[Records drawn from a dataset]
++++++++++

// What is common to all text: a place for its bytes, what is read into it and printed to it, its parts between separators, and decimal
// numbers. What a text means is said elsewhere.
#![tactic(auto)]

mod block;
mod number;
mod part;
mod printer;

ghost use Rattle.text.specs.LawsOfNumbers.{PrintedIsReadBack, LibraryPrintsDigits, TwentyDigitsSuffice};

pub use number::{NumberError, read_number};
pub use part::split_once;
use std::marker::Model;

/// A number that is printed is read back as that number, and is printed as the library prints it.
#[tactic(auto, using(crate::proofs::Values::read_back, crate::proofs::Values::same_digits, crate::proofs::Values::length_decimal))]
pub fn numbers_read_back()
    ensures read_back { PrintedIsReadBack }
    ensures library { LibraryPrintsDigits }
    ensures twenty_digits { TwentyDigitsSuffice }
{}

// Bytes that were read or printed, in a fixed place of N bytes.
#[derive(Drop)]
pub struct Text<const N: usize> {
    bytes: [u8; N],
    length: usize,
}

impl<const N: usize> Model for Text<N> {
    ghost use Rattle.std.specs.Prelude.{ℕ, ◌≤◌, List, take};

    ghost Value = { List ℕ };

    ghost view = { λ t. take t.length t.bytes };

    ghost invariant = { λ t. t.length ≤ N };
}

impl<const N: usize> Text<N> {
    ghost use Rattle.std.specs.Prelude.{◌≡◌, ◌≤◌, [], length};

    pub fn new() -> Self
        ensures { result ≡ [] }
    {
        Text {
            bytes: [0; N],
            length: 0,
        }
    }

    pub fn as_bytes(&self) -> &[u8]
        ensures bytes { result.now ≡ self.now }
        ensures fits { length self.now ≤ N }
    {
        &self.bytes[..self.length]
    }

    pub fn clear(&mut self)
        ensures { self.new ≡ [] }
    {
        self.length = 0;
    }
}
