// Decimal numbers of 32 bits, read from a word.
ghost use Rattle.std.specs.Prelude.{◌≡◌};
ghost use Rattle.text.specs.Numbers.{number_of};

// Why a word is no number.
#[derive(Clone, Copy)]
pub enum NumberError {
    NotANumber,
    TooLarge,
}

// The number that a word says. What does not fit 64 bits stays at the largest number of these, which is too large whatever
// digits follow. The library's `parse` would take a sign, too.
pub fn read_number(word: &[u8]) -> Result<u32, NumberError>
    ensures { result ≡ number_of word.now }
{
    if word.is_empty() {
        return Err(NumberError::NotANumber);
    }
    let mut value: u64 = 0;
    for byte in word {
        if !byte.is_ascii_digit() {
            return Err(NumberError::NotANumber);
        }
        let digit = u64::from(*byte - b'0');
        value = value.saturating_mul(10).saturating_add(digit);
    }
    u32::try_from(value).map_err(|_| NumberError::TooLarge)
}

++++++++++

> [Exercise brief]
Repeat all the entries above without altering anything.

> [Answer box]
// What is common to all text: a place for its bytes, what is read into it and printed to it, its parts between separators, and decimal
// numbers. What a text means is said elsewhere.
#![tactic(auto)]

mod block;
mod number;
mod part;
mod printer;

ghost use Rattle.text.specs.LawsOfNumbers.{PrintedIsReadBack, LibraryPrintsDigits, TwentyDigitsSuffice};

pub use number::{NumberError, read_number};
pub use part::split_once;
use std::marker::Model;

/// A number that is printed is read back as that number, and is printed as the library prints it.
#[tactic(auto, using(crate::proofs::Values::read_back, crate::proofs::Values::same_digits, crate::proofs::Values::length_decimal))]
pub fn numbers_read_back()
    ensures read_back { PrintedIsReadBack }
    ensures library { LibraryPrintsDigits }
    ensures twenty_digits { TwentyDigitsSuffice }
{}

// Bytes that were read or printed, in a fixed place of N bytes.
#[derive(Drop)]
pub struct Text<const N: usize> {
    bytes: [u8; N],
    length: usize,
}

impl<const N: usize> Model for Text<N> {
    ghost use Rattle.std.specs.Prelude.{ℕ, ◌≤◌, List, take};

    ghost Value = { List ℕ };

    ghost view = { λ t. take t.length t.bytes };

    ghost invariant = { λ t. t.length ≤ N };
}

impl<const N: usize> Text<N> {
    ghost use Rattle.std.specs.Prelude.{◌≡◌, ◌≤◌, [], length};

    pub fn new() -> Self
        ensures { result ≡ [] }
    {
        Text {
            bytes: [0; N],
            length: 0,
        }
    }

    pub fn as_bytes(&self) -> &[u8]
        ensures bytes { result.now ≡ self.now }
        ensures fits { length self.now ≤ N }
    {
        &self.bytes[..self.length]
    }

    pub fn clear(&mut self)
        ensures { self.new ≡ [] }
    {
        self.length = 0;
    }
}
// Decimal numbers of 32 bits, read from a word.
ghost use Rattle.std.specs.Prelude.{◌≡◌};
ghost use Rattle.text.specs.Numbers.{number_of};

// Why a word is no number.
#[derive(Clone, Copy)]
pub enum NumberError {
    NotANumber,
    TooLarge,
}

// The number that a word says. What does not fit 64 bits stays at the largest number of these, which is too large whatever
// digits follow. The library's `parse` would take a sign, too.
pub fn read_number(word: &[u8]) -> Result<u32, NumberError>
    ensures { result ≡ number_of word.now }
{
    if word.is_empty() {
        return Err(NumberError::NotANumber);
    }
    let mut value: u64 = 0;
    for byte in word {
        if !byte.is_ascii_digit() {
            return Err(NumberError::NotANumber);
        }
        let digit = u64::from(*byte - b'0');
        value = value.saturating_mul(10).saturating_add(digit);
    }
    u32::try_from(value).map_err(|_| NumberError::TooLarge)
}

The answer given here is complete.